Extra functionality
You can find some optional and extra functionality in the directory source/extra. This section provides additional information regarding this functionality.
MicroTBX for FreeRTOS
The FreeRTOS real-time operating system is widely used in the embedded industry. No wonder, because it's free, open source, high quality, MISRA compliant and maintained by AWS.
Whenever you use both FreeRTOS and MicroTBX, a few pieces of functionality are redundant. Both MicroTBX and FreeRTOS offer heap management and assertion functionality. There is nothing wrong with using both. However, if you'd like to reap the benefits of MicroTBX, while also using FreeRTOS, consider using the files in directory:
source/extra/freertos/
Heap management
FreeRTOS ships with a few different examples for heap management. Some allow just one-time memory allocation, some feature functionality to release allocated memory again, with minimal memory fragmentation. You can find these examples in directory:
FreeRTOS/Source/portable/MemMang/
The file tbx_freertos.c offers an alternative heap management implementation, using MicroTBX's memory pools. This allows you to dynamically allocate and release memory on the heap, for your application's FreeRTOS objects.

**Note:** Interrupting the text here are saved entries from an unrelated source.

//! The words of the command line. Each command has its grammar and its words in a file of its own.

use crate::calendars_words::{calendars_grammar, calendars_words};
use crate::collect_words::{CollectWords, collect_grammar, collect_words};
use crate::diff_words::{diff_grammar, diff_words};
use crate::history_words::{HistoryWords, history_grammar, history_words};
use crate::import_words::{ImportWords, import_grammar, import_words};
use crate::page_words::{page_grammar, page_words};
use clap::error::ErrorKind;
use clap::{ArgMatches, Command as Grammar};
use std::alloc::{AllocError, Global};

/// What the desk is asked to do.
#[derive(Drop)]
pub enum DeskCommand {
    /// Say what this line says.
    Explain(String),
    /// Say what each line of standard input says.
    ExplainInput,
    /// Say what is wrong with the files, and what looks wrong.
    Lint,
    /// Write the page of the month.
    Page,
    /// Write the page of the month, with what is otherwise than in another folder, or in a roster's file.
    PageSince(String),
    /// Write the page of the pilot of this name.
    PilotPage(String),
    /// Write the page of what can be bid for.
    Packet,
    /// Make the text of bids of what each pilot sent.
    Collect(CollectWords),
    /// Write the report for planners.
    Report,
    /// Say what is otherwise than in another folder, or in a roster's file.
    Diff(String),
    /// Write a calendar for each pilot, and cancel what fell away since another folder where one is named.
    Calendars(Option<String>),
    /// Make the month the past of the next one, in another folder.
    History(HistoryWords),
    /// Make a file of the month of a sheet of a spreadsheet.
    Import(ImportWords),
    /// Say what each command is for.
    Help,
    /// Say that the words are no command.
    Usage,
}

/// A folder, and what is asked of it.
#[derive(Drop)]
pub struct Request {
    pub folder: String,
    pub command: DeskCommand,
}

/// A program with a command more.
fn and_command<'w>(
    program: Grammar<'w>,
    command: Result<Grammar<'w>, AllocError>,
) -> Result<Grammar<'w>, AllocError> {
    match command {
        Ok(command) => program.subcommand(command),
        Err(error) => Err(error),
    }
}

/// The program with the commands of one word.
fn with_lone<'w>(alloc: Global) -> Result<Grammar<'w>, AllocError> {
    let program = Grammar::new(alloc, "pbs-desk").subcommand(Grammar::new(alloc, "lint"))?;
    let program = program.subcommand(Grammar::new(alloc, "packet"))?;
    program.subcommand(Grammar::new(alloc, "report"))
}

/// A program with the commands over other folders.
fn with_others<'w>(alloc: Global, program: Grammar<'w>) -> Result<Grammar<'w>, AllocError> {
    let program = and_command(program, diff_grammar(alloc))?;
    let program = and_command(program, history_grammar(alloc))?;
    let program = and_command(program, import_grammar(alloc))?;
    and_command(program, calendars_grammar(alloc))
}

/// The commands, but for `explain` and `help`, behind which any words may stand.
fn grammar<'w>(alloc: Global) -> Result<Grammar<'w>, AllocError> {
    let program = with_lone(alloc)?;
    let program = and_command(program, page_grammar(alloc))?;
    let program = with_others(alloc, program)?;
    and_command(program, collect_grammar(alloc))
}

/// What `clap` reads from the words, of which the first is the program's name, or nothing where it refuses them.
fn parse<'w>(alloc: Global, words: &'w [&'w str]) -> Result<Option<ArgMatches<'w>>, AllocError> {
    let commands = grammar(alloc)?;
    match commands.try_get_matches_from(words) {
        Ok(matches) => Ok(Some(matches)),
        Err(error) => {
            if error.kind() == ErrorKind::OutOfMemory {
                return Err(AllocError);
            }
            Ok(None)
        }
    }
}

/// The command of a name, with what was read behind it.
fn named(alloc: Global, name: &str, found: &ArgMatches<'_>) -> Result<DeskCommand, AllocError> {
    match name {
        "lint" => Ok(DeskCommand::Lint),
        "page" => page_words(alloc, found),
        "packet" => Ok(DeskCommand::Packet),
        "collect" => collect_words(alloc, found),
        "diff" => diff_words(alloc, found),
        "calendars" => calendars_words(alloc, found),
        "history" => history_words(alloc, found),
        "import" => import_words(alloc, found),
        "report" => Ok(DeskCommand::Report),
        _ => Ok(DeskCommand::Usage),
    }
}

/// The command of these words, behind the program's name.
fn command_of(alloc: Global, texts: &[&str]) -> Result<DeskCommand, AllocError> {
    let Some(matches) = parse(alloc, texts)? else {
        return Ok(DeskCommand::Usage);
    };
    let Some((name, found)) = matches.subcommand() else {
        return Ok(DeskCommand::Usage);
    };
    named(alloc, name, found)
}

/// The command of these words.
fn read(alloc: Global, words: &[String]) -> Result<DeskCommand, AllocError> {
    let mut texts = Vec::new(alloc);
    texts.push("pbs-desk")?;
    for word in words {
        texts.push(word.as_str())?;
    }
    command_of(alloc, &texts)
}

/// Words with a blank between each two.
fn joined(alloc: Global, words: &[String]) -> Result<String, AllocError> {
    let mut line = String::new(alloc);
    for word in words {
        if !line.is_empty() {
            line.push_str(" ")?;
        }
        line.push_str(word.as_str())?;
    }
    Ok(line)
}

/// The command `explain` with these words behind it.
fn explain_words(alloc: Global, words: &[String]) -> Result<DeskCommand, AllocError> {
    if words.is_empty() {
        return Ok(DeskCommand::ExplainInput);
    }
    Ok(DeskCommand::Explain(joined(alloc, words)?))
}

/// Whether a word asks for help.
fn asks_help(word: &str) -> bool {
    word == "help" || word == "--help"
}

/// The command of the words behind the folder.
fn behind(alloc: Global, words: &[String]) -> Result<DeskCommand, AllocError> {
    match words.split_first() {
        Some((name, rest)) if name.as_str() == "explain" => explain_words(alloc, rest),
        Some((name, _)) if asks_help(name.as_str()) => Ok(DeskCommand::Help),
        _ => read(alloc, words),
    }
}

/// What these words ask for: the folder is the first of them.
pub fn request_of(alloc: Global, words: &[String]) -> Result<Request, AllocError> {
    let Some((folder, rest)) = words.split_first() else {
        return Ok(Request {
            folder: String::from_str(alloc, ".")?,
            command: DeskCommand::Usage,
        });
    };
    let command = if rest.is_empty() && asks_help(folder.as_str()) {
        DeskCommand::Help
    } else {
        behind(alloc, rest)?
    };
    Ok(Request {
        folder: String::from_str(alloc, folder.as_str())?,
        command,
    })
}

To use this heap management solution, you just need to remove the heap_x.c source file from your project and compile and link tbx_freertos.c instead.
Assertions
In the FreeRTOS configuration header file FreeRTOSConfig.h, you can add and configure the configASSERT macro to enable assertions in the FreeRTOS code base. MicroTBX includes an assertion module that you can use for this. The easiest way to link the MicroTBX assertion TBX_ASSERT macro to the FreeRTOS configASSERT macro, is by including the tbx_freertos.h header file all the way at the end. Just before the last #endif:
#define INCLUDE_vTaskCleanUpResources 1
#define INCLUDE_vTaskSuspend 1
#define INCLUDE_vTaskDelayUntil 1
#define INCLUDE_vTaskDelay 1
#define INCLUDE_uxTaskGetStackHighWaterMark 1
/* Use MicroTBX assertion in FreeRTOS. */
#include "tbx_freertos.h" /* <---- ADD THIS LINE */
#endif /* FREERTOS_CONFIG_H */
Just make sure to add the directory, where the tbx_freertos.h resides, to your compiler's search path for included header files.

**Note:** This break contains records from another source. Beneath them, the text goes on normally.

//! The command `lint`.
ghost use Rattle.std.specs.Prelude.{◌≡◌};

use crate::status::DeskStatus;
use duty_calendar::Memory;
use file_places::Prose;
use month_lint::{Verdict, lint};
use shelf::Shelf;
use std::alloc::Global;

/// How a run of `lint` ends.
fn status_of(verdict: Verdict) -> DeskStatus {
    match verdict {
        Verdict::Clean => DeskStatus::Done,
        Verdict::Odd => DeskStatus::Warned,
        Verdict::Faulty | Verdict::Unread => DeskStatus::Faulty,
    }
}

/// Appends what is wrong with the files, and what looks wrong. No file is written.
pub fn say_lint<S: Shelf>(
    alloc: Global,
    shelf: &mut S,
    prose: &mut Prose,
) -> Result<DeskStatus, Memory>
    ensures kept { S.holds shelf.new ≡ S.holds shelf.old }
{
    Ok(status_of(lint(alloc, shelf, prose)?))
}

Alternatively, you can directly add and configure the configASSERT macro as follows in FreeRTOSConfig.h:
#include "microtbx.h"
#define configASSERT( x ) TBX_ASSERT( x )
C++ new and delete using MicroTBX memory pools
On a microcontroller it is totally fine to dynamically allocate memory on the heap using new (or malloc). It gets potentially troublesome when you also release it at run-time using delete (or free). Multiple allocation and release operations can cause memory fragmentation. In a worst case scenario this leads to memory allocation failures, because of running out of heap memory.

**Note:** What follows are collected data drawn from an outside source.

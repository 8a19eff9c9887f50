//! The folders of `history`.

use crate::history_command::run_history;
use crate::history_words::HistoryWords;
use crate::status::DeskStatus;
use shelf::{FolderShelf, Sink};
use std::fs::Files;

/// Makes the month in a folder the past of the next one, in another folder.
pub fn history_into<'a, R: Files + AllocGlobal>(
    rt: &'a R,
    shelf: &mut FolderShelf<'a, R>,
    words: HistoryWords,
    out: &mut impl Sink,
) -> DeskStatus {
    let HistoryWords { next, is_forced } = words;
    let mut next = FolderShelf::new(rt, next);
    run_history(rt.alloc(), shelf, &mut next, out, is_forced)
}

A possible solution is by dynamically allocating memory using memory pools. This lowers the risk of memory fragmentation. With a carefully selected memory pool setup, you can even eliminate this risk completely. Allowing you to dynamically allocate and release memory during run-time. MicroTBX includes a ready-made memory pool module that can be used for this purpose.
One way to approach this is by using C++ placement new instead of the usual new. This allows you the first allocate memory from a memory pool and then place the new object exactly at that memory, instead of having the new operator do the allocation. The only issue with this is that there is no placement delete. This means that to delete the object, you need to manually call its destructor and then give the allocated memory back to the memory pool. Definitely an option, it just requires a bit more work.
Another approach is to overload the default new and delete operators to do all the memory allocation and release using memory pools automatically. The following source-file implements these operator overloads for the GNU ARM Embedded toolchain:
source/extra/cplusplus/tbxcxx.cpp
By compiling and linking this source file with your project, the global new and delete operators are overloaded, such that they by default always use the memory pools module of MicroTBX. This also apply to objects created using smart pointers.